La propuesta busca reformar la Ley de Salud estatal para obligar la instalación de Desfibriladores Externos Automáticos (DEA) en edificios públicos, centros comerciales, escuelas, terminales de transporte, gimnasios y sitios con alta concentración de personas.
El legislador advirtió que los paros cardiacos representan una de las principales emergencias médicas y que cada minuto sin atención reduce entre siete y diez por ciento las posibilidades de supervivencia.
La iniciativa contempla la creación de un sistema estatal de espacios cardioprotegidos, donde además de contar con desfibriladores exista personal entrenado en reanimación cardiopulmonar para brindar una respuesta inmediata.
Entre las medidas planteadas destaca que todos los municipios deberán disponer al menos de un DEA instalado en centros de salud, con acceso permanente para atender emergencias cardiacas.
También se propone que inmuebles o eventos con afluencia superior a 500 personas cuenten obligatoriamente con desfibriladores, protocolos de atención y trabajadores capacitados para actuar durante una contingencia.
El proyecto establece que al menos 30 por ciento del personal de edificios considerados cardioprotegidos deberá acreditar capacitación en reanimación cardiopulmonar y manejo de estos dispositivos especializados.

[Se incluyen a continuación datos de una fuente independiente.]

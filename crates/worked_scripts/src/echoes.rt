// A command that prints what each line asks for.
ghost use Rattle.std.specs.Prelude.{◌≡◌};
ghost use Rattle.worked_scripts.specs.Echoes.{echo_line, word_of};

use aria_base::Sink;
use script_course::{Reads, Stop, give};
use script_places::{Counts, Deed, ScriptPlace};
use script_rows::refuse_line;
use std::alloc::Global;

/// A script of which each line is answered by a word; the counts are the same at each.
#[derive(Drop)]
pub struct Echo {
    pub place: ScriptPlace,
    pub counts: Counts,
}

impl Reads for Echo {
    ghost on_line = { echo_line };

    ghost held = { λ _. Unit {0} };

    fn line<K: Sink>(self, alloc: Global, line: &[u8], out: &mut K) -> Result<Self, Stop> {
        let Echo { place, counts } = self;
        match place.ask(alloc, counts, line) {
            Ok((place, deed)) => give(Echo { place, counts }, word_of(&deed), out),
            Err(refused) => refuse_line(alloc, refused, out),
        }
    }
}

/// The word of a deed, and a space.
fn word_of(deed: &Deed) -> &'static [u8]
    ensures { result.now ≡ word_of deed.now }
{
    match deed {
        Deed::Nothing => b"nothing ",
        Deed::Put(_, _) => b"put ",
        Deed::Call(_) => b"call ",
        Deed::Set { .. } => b"set ",
        Deed::Keep(_) => b"keep ",
        Deed::Run => b"run ",
        Deed::Tell => b"tell ",
    }
}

Asimismo, plantea crear un registro estatal de instructores, empresas capacitadoras y primeros respondientes certificados por la Secretaría de Salud para garantizar estándares internacionales de preparación.
Ojeda Castillo argumentó que la medida responde a una realidad alarmante, ya que las enfermedades del corazón continúan siendo la principal causa de muerte en México y el mundo.
La iniciativa también contempla protección legal para quienes utilicen desfibriladores durante una emergencia, siempre que actúen de buena fe para intentar salvar la vida de una persona.